1. Ask him about the youth, ashab al-kahf (the people of the cave).

2. Ask him about this king who ruled a large portion of the world who was just and honest and so on.

3. Ask him about the ruh (spirit).

They went back to the Quraysh and told them: “These are the questions they told us to ask him. If he can answer these questions then he is a prophet.” The Quraysh asked the Prophet ﷺ and he said, “Come to me tomorrow and I will answer your questions.”

The next day they came but the Prophet ﷺ didn’t have an answer. The following day, they came, the Prophet ﷺ didn’t have an answer. For around fourteen days, there was no answer, and the Prophet ﷺ started getting upset and saddened because they started to say that the Prophet ﷺ was breaking his promises.

Then Allah (swt) sent Jibril to reveal Surat al Kahf (Qur’an, 18). That’s why in Surat al Kahf Allah (swt) says:


“And never say of anything, ‘Indeed, I will do that tomorrow,’ except [when adding], ‘If Allah wills.’” (Qur’an 18:23-24)

So we learn adab (manners), reliance on Allah (swt), and trust in Allah (swt).

Verse number one has 8 points. Allah (swt) says:


“[All] praise is [due] to Allah, who has sent down upon His Servant the Book and has not made therein any deviance.” (Qur’an 18:1)

This hamd (thankfulness) found in Surat al Kahf is not the same as the hamd in Surat al Fatiha (Qur’an 1). One is called jumlah insha’iya, the other is called jumlah khabariya.

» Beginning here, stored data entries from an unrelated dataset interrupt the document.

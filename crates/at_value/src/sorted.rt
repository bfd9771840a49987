//! A map from names to values as a vector of pairs by rising name number: the search, the insertion and the removal of
//! the types that wrap such a vector.
ghost use Rattle.std.specs.Prelude.{◌≡◌, ◌<◌, ◌≤◌, ◌↔◌, IsTrue, IsOk, IsSome, length, OnOk, OnErr, vec_len};
ghost use Rattle.std.specs.Prelude.{vec_capacity};
ghost use Rattle.at_value.specs.Pairs.{IsRising, value_at, with_value, without, place_in};

use crate::number::Name;
use crate::value::Value;
use std::alloc::AllocError;

/// The index of the first name from n on, and the length where there is none. The search is binary.
pub(crate) fn place_of(n: Name, items: &[(Name, Value)]) -> usize
    requires { IsRising items.now }
    ensures place { result ≡ place_in n items.now }
    ensures within { result ≤ length items.now }
{
    items.partition_point(|pair| pair.0 < n)
}

/// Whether the name stands at this index, where only the first name from n on may be asked for.
fn is_at(n: Name, place: usize, items: &[(Name, Value)]) -> bool
    requires rising { IsRising items.now }
    requires place { place ≡ place_in n items.now }
    ensures there { IsTrue result ↔ IsSome (value_at n items.now) }
    ensures within { IsTrue result → place < length items.now }
{
    match items.get(place) {
        Some(pair) => pair.0 == n,
        None => false,
    }
}

/// The value under the name, and none exactly where the name isn't there. The search is binary.
pub fn get(n: Name, items: &[(Name, Value)]) -> Option<Value>
    requires { IsRising items.now }
    ensures { result ≡ value_at n items.now }
{
    let place = place_of(n, items);
    if is_at(n, place, items) {
        Some(items[place].1)
    } else {
        None
    }
}

/// Puts the value under the name. It takes memory only for a name that isn't there, and only where the vector has no
/// room; it fails only where that memory is refused, and then nothing changes.
pub fn put(n: Name, v: Value, items: &mut Vec<(Name, Value)>) -> Result<(), AllocError>
    requires { IsRising items.old.items }
    ensures rising { IsRising items.new.items }
    ensures ok { OnOk result (items.new.items ≡ with_value n v items.old.items) }
    ensures err { OnErr result (items.new.items ≡ items.old.items) }
    ensures there { IsSome (value_at n items.old.items)
        → IsOk result × (vec_capacity items.new ≡ vec_capacity items.old) }
    ensures room { vec_len items.old < vec_capacity items.old
        → IsOk result × (vec_capacity items.new ≡ vec_capacity items.old) }
{
    let place = place_of(n, items);
    if is_at(n, place, items) {
        items[place].1 = v;
    } else {
        items.insert(place, (n, v))?;
    }
    Ok(())
}

/// Takes the name out, and gives the value that stood there. The vector's memory stays with it.
pub fn cut(n: Name, items: &mut Vec<(Name, Value)>) -> Option<Value>
    requires { IsRising items.old.items }
    ensures rising { IsRising items.new.items }
    ensures value { result ≡ value_at n items.old.items }
    ensures rest { items.new.items ≡ without n items.old.items }
    ensures capacity { vec_capacity items.new ≡ vec_capacity items.old }
{
    let place = place_of(n, items);
    if is_at(n, place, items) {
        Some(items.remove(place).1)
    } else {
        None
    }
}
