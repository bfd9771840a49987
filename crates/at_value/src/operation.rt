//! Operations: what can be asked of a world.
use crate::list::Bases;
use crate::number::{Class, Name, Obj};
use crate::value::Value;

/// An operation on a world. Writes of classes come first, then writes of objects; the last six only read.
#[derive(Clone, Copy, Debug, PartialEq, Eq)]
pub enum Op {
    /// `class C(B, ..)`: makes a class with these bases.
    NewClass(Class, Bases),
    /// `C.x = v`: puts a value into a class's own namespace.
    TypeSet(Class, Name, Value),
    /// `del C.x`: removes a name from a class's own namespace.
    TypeDel(Class, Name),
    /// `C.__bases__ = (B, ..)`: gives a class other bases.
    SetBases(Class, Bases),
    /// `C()`: makes an object of a class.
    New(Class),
    /// `o.x = v`: writes an attribute of an object.
    Set(Obj, Name, Value),
    /// `del o.x`: deletes an attribute of an object.
    Del(Obj, Name),
    /// `o.__class__ = C`: gives an object another class.
    SetClass(Obj, Class),
    /// `o.__dict__ = p.__dict__`: the first object takes the dictionary of the second.
    Share(Obj, Obj),
    /// `o.x`: reads an attribute of an object.
    Get(Obj, Name),
    /// `C.x`: reads an attribute of a class.
    TypeGet(Class, Name),
    /// `super(K, o).x`: reads an attribute after class K in the order of o's class.
    Super(Class, Obj, Name),
    /// The implicit look-up of a special method of an object, which passes over the object's own dictionary.
    Special(Obj, Name),
    /// `o.__class__`: reads the class of an object.
    ClassOf(Obj),
    /// `C.__mro__`: reads the order of a class.
    Mro(Class),
}
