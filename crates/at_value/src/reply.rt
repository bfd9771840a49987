//! Replies to operations, and the answers that give a reply its place and its path.
use crate::list::ClassList;
use crate::number::{Class, Func, Name, Obj};
use crate::value::Value;

/// Which hook takes an operation over.
#[derive(Clone, Copy, Debug, PartialEq, Eq)]
pub enum HookKind {
    /// The getter of a property.
    Getter,
    /// The setter of a property.
    Setter,
    /// The deleter of a property.
    Deleter,
    /// `__get__` of an object used as a descriptor.
    DescGet,
    /// `__set__` of an object used as a descriptor.
    DescSet,
    /// `__delete__` of an object used as a descriptor.
    DescDel,
    /// `__getattr__` of the object's class.
    GetAttr,
}

/// What an operation replies. It was a write exactly where the reply is `Done` or `Made`; any other reply leaves the
/// world as it was.
#[derive(Drop, Debug)]
pub enum Reply {
    /// The write was done.
    Done,
    /// An object was made; with it, what `__init__` is in its class.
    Made(Obj, Option<Value>),
    /// The value that was read.
    Value(Value),
    /// A function bound to its first argument, an object or a class.
    Method(Func, Value),
    /// A hook is to be called: callee, receiver, other argument and value.
    Hook(HookKind, Value, Value, Value, Value),
    /// The order of a class.
    Order(ClassList),
    /// Nothing has the name, or an object that the operation names isn't made.
    NoAttr,
    /// The attribute is a property without a getter.
    NoGetter,
    /// The attribute can't be written: it is a property without a setter, or an object with `__delete__` and without
    /// `__set__`.
    NoSetter,
    /// The attribute can't be deleted: it is a property without a deleter, or an object with `__set__` and without
    /// `__delete__`.
    NoDeleter,
    /// A class that the operation names isn't made.
    NoClass,
    /// The class is made already.
    NameTaken,
    /// No base is given.
    EmptyBases,
    /// A base is given twice.
    Duplicate,
    /// The class would stand above itself.
    Cycle,
    /// The least of the classes, among those that would be made, that would have no order.
    NoOrder(Class),
    /// `object` can't be changed, nor have objects.
    Immutable,
    /// The class isn't in the order of the object's class.
    NotSubclass,
    /// There are as many objects as there may be.
    Full,
}

/// A place in the history of writes: how many writes there are up to it.
#[derive(Clone, Copy, Debug, PartialEq, Eq, PartialOrd, Ord)]
pub struct Place(pub u64);

/// Why a call didn't go the fast way, with the words that it loaded.
#[derive(Clone, Copy, Debug, PartialEq, Eq)]
pub enum Miss {
    /// The class has no tag.
    Untagged(Class),
    /// The cache entry has another tag or another name.
    Unlike(u16),
    /// The cache entry was being written: the entry and its odd sequence.
    Writing(u16, u64),
    /// The cache entry was written meanwhile: the entry and two of its sequences.
    Changed(u16, u64, u64),
    /// The object was being written: the object and its odd head.
    Odd(Obj, u64),
    /// The object's values are in a dictionary: the object and its head.
    Dict(Obj, u64),
    /// The class has no key of this name.
    Keyless(Class, Name),
    /// A word was changed meanwhile: its index and two loads of it.
    Moved(u32, u64, u64),
}

/// Which way a call went.
#[derive(Clone, Copy, Debug, PartialEq, Eq)]
pub enum Path {
    /// By the cache, without the lock of the classes: a read takes no lock at all, a write that of its object alone.
    Fast,
    /// Under locks, after a miss.
    Slow(Miss),
    /// Under locks, as operations of its kind always go.
    Locked,
}

/// A reply with its place in the history and the way that the call went.
#[derive(Drop, Debug)]
pub struct Answer {
    /// A write's own place, from 1, and for any other reply the number of the writes before it.
    pub place: Place,
    /// What the operation replied.
    pub reply: Reply,
    /// The way that the call went.
    pub path: Path,
}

Jumlah khabariya is a declarative sentence, so the sentence in Surat al Kahf is declarative in nature. Allah (swt) is informing you of something! The meaning of al hamd in Surat al Kahf is different. Allah (swt) is telling you “Look! I’m the one who deserves all praise, for a reason.” So it’s different now. He’s informing you, that’s called khabr.

Whereas in Surat al Fatiha, the hamd is insha’iya, or imperative. According to the scholars it means that Allah (swt) is ordering you to say alhamdullillah (all priase is to Allah). “If you want to thank me, if you want to praise me, say alhamdulillah.” This is the meaning in Surat Al Fatiha.

The first sentence in Al Fatiha is like an order: if you want to praise me, Allah (swt) is saying, if you want to magnify me, say alhamdullillah. In Surat al Kahf, this verse is not an order by Allah (swt) to say alhamdullillah. It is a declarative sentence, this means he is informing you, that he is the one who has the sole right to be praised, and for a reason!

What do you think that reason is?

All praise is due to Allah (swt) or what? Who sent the Qur’an? Can you imagine if you had no Qur’an?

Can you imagine if there was no subhanAllah (glory be to Allah) in your life, can you imagine if there was no salah (prayer)?

I go through that; believe me, we are all the same, brothers!

We are all the same, brothers, there is no difference; we are all in the same boat. Even in Al-Azhar! When I’m studying sometimes, I think, man, I’ve gotta pray but I really enjoy this book of tafsir (translation and interpretation of the Qur’an)! See how Shaytan (Satan) works? It’s the same game just a different means!

So all of us struggle, we struggle and sometimes salah feels heavy. Worship Allah (swt), and we might feel some heaviness. That’s all part of our struggle.

One of the ways to combat that is to imagine life without salah. Imagine life without any connection to Allah (swt). Life without the feeling in your heart that you get when you pray fajr (the pre-dawn prayer) in the masjid, or the feeling that you get when you give sadaqah (charity) or the feeling that you get when you do well in school or at work for the sake of Allah (swt).

Then we can value the worship and the wonderful relationship that Allah (swt) has blessed us with.

Ibn al Qayyim (ra) said the charity that Allah (swt) gave us Muslims, nobody can fathom this charity! Such benevolence from Allah (swt)!

Allah (swt) said:


“Has there [not] come upon man a period of time when he was not a thing [even] mentioned?”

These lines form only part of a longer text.